**Your objective:** Check every line of the material below, and show those that contain "found".

**Input material:**
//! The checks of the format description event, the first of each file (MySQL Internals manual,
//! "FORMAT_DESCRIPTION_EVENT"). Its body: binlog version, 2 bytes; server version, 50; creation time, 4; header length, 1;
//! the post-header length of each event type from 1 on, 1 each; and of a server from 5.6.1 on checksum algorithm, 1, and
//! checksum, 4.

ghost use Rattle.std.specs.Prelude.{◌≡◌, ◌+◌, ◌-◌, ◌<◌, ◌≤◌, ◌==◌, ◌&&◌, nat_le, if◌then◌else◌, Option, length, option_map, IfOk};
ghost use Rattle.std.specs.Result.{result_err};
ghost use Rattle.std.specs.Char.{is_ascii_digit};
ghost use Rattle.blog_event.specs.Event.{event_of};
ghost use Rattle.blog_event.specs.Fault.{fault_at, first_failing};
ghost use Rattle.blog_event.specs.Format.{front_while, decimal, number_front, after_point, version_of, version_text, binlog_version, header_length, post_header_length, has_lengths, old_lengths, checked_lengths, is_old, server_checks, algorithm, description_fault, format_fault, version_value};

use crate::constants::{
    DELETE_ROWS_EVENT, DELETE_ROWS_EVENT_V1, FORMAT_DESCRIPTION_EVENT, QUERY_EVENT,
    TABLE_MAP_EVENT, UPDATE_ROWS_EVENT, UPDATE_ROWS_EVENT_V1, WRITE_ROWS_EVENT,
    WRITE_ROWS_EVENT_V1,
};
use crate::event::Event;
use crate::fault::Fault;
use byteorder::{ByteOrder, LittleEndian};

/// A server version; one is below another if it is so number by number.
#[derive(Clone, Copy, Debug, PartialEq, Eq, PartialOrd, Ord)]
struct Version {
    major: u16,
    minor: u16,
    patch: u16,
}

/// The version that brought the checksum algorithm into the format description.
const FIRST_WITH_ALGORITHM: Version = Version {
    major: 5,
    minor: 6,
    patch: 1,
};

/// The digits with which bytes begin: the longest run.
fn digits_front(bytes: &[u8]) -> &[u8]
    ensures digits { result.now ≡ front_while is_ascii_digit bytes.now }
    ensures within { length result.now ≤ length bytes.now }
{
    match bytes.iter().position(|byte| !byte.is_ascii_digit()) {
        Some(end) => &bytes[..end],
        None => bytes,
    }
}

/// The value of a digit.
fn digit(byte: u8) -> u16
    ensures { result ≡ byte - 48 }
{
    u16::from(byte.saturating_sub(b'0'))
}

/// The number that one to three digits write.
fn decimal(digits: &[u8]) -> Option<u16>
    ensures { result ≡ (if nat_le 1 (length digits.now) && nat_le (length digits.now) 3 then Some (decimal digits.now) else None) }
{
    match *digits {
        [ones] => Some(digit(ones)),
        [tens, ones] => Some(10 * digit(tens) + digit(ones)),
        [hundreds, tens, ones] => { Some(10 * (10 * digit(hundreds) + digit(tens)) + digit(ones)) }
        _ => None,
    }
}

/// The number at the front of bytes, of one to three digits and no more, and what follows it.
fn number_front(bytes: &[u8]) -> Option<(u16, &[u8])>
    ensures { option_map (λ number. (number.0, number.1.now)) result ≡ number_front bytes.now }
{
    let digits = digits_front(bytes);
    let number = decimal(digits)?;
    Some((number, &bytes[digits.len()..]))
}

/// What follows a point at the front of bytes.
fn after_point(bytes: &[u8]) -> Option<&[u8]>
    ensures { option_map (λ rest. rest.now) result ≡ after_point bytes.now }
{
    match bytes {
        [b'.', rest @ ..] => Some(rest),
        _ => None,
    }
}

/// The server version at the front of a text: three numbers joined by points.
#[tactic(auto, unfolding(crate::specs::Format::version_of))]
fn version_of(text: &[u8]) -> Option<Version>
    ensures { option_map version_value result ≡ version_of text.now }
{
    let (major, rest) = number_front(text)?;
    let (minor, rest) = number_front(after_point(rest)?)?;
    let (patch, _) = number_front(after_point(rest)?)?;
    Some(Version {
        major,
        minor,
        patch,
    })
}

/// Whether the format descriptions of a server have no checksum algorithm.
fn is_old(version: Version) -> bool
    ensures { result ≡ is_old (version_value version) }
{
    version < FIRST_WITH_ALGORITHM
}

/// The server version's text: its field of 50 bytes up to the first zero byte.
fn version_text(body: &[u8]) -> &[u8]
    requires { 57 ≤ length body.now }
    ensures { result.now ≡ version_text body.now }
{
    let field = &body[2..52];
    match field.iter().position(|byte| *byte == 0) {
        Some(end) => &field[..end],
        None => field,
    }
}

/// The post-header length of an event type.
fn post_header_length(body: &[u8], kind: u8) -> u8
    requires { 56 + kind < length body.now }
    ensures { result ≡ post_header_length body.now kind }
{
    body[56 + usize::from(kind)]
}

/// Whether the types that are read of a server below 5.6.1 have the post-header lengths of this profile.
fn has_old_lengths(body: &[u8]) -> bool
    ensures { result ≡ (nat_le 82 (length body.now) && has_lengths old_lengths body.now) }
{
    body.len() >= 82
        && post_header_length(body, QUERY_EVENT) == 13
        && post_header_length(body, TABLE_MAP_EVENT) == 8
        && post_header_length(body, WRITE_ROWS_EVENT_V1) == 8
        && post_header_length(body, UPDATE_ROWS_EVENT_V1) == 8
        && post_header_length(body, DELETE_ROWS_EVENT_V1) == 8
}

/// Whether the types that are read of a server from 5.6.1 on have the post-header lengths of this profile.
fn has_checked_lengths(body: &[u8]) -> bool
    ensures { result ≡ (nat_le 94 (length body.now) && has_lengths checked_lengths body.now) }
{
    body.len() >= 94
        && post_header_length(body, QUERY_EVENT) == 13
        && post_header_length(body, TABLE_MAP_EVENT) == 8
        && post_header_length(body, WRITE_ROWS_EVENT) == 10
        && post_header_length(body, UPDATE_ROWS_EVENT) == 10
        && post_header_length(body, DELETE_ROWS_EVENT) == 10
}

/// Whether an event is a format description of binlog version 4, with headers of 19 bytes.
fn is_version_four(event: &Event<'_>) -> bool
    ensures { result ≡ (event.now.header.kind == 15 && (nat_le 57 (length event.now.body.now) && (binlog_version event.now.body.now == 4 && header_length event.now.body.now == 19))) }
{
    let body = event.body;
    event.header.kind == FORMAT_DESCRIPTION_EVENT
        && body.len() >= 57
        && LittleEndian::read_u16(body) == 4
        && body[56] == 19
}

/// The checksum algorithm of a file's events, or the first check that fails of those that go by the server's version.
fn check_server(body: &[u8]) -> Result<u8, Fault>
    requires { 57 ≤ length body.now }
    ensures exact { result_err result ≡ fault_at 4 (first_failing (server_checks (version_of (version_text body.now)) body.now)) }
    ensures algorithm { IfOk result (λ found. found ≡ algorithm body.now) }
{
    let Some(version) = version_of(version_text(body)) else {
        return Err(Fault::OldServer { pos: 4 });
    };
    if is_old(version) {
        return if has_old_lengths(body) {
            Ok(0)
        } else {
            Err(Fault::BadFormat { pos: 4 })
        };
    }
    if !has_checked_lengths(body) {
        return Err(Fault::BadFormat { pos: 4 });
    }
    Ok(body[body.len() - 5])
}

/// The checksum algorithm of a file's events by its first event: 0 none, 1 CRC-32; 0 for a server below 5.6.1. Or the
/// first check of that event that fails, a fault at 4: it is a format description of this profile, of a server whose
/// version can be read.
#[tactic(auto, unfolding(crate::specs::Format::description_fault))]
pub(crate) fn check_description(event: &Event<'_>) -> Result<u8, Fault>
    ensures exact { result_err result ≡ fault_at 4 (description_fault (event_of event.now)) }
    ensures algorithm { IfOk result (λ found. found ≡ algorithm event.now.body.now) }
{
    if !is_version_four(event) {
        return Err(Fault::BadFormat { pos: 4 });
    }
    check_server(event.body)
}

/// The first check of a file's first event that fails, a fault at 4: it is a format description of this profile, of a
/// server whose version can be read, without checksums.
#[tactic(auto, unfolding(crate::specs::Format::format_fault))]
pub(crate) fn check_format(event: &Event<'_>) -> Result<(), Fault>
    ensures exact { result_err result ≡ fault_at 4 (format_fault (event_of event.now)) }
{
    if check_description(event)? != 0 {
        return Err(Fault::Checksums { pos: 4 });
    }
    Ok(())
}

**Expected answer:**
    ensures algorithm { IfOk result (λ found. found ≡ algorithm body.now) }
    ensures algorithm { IfOk result (λ found. found ≡ algorithm event.now.body.now) }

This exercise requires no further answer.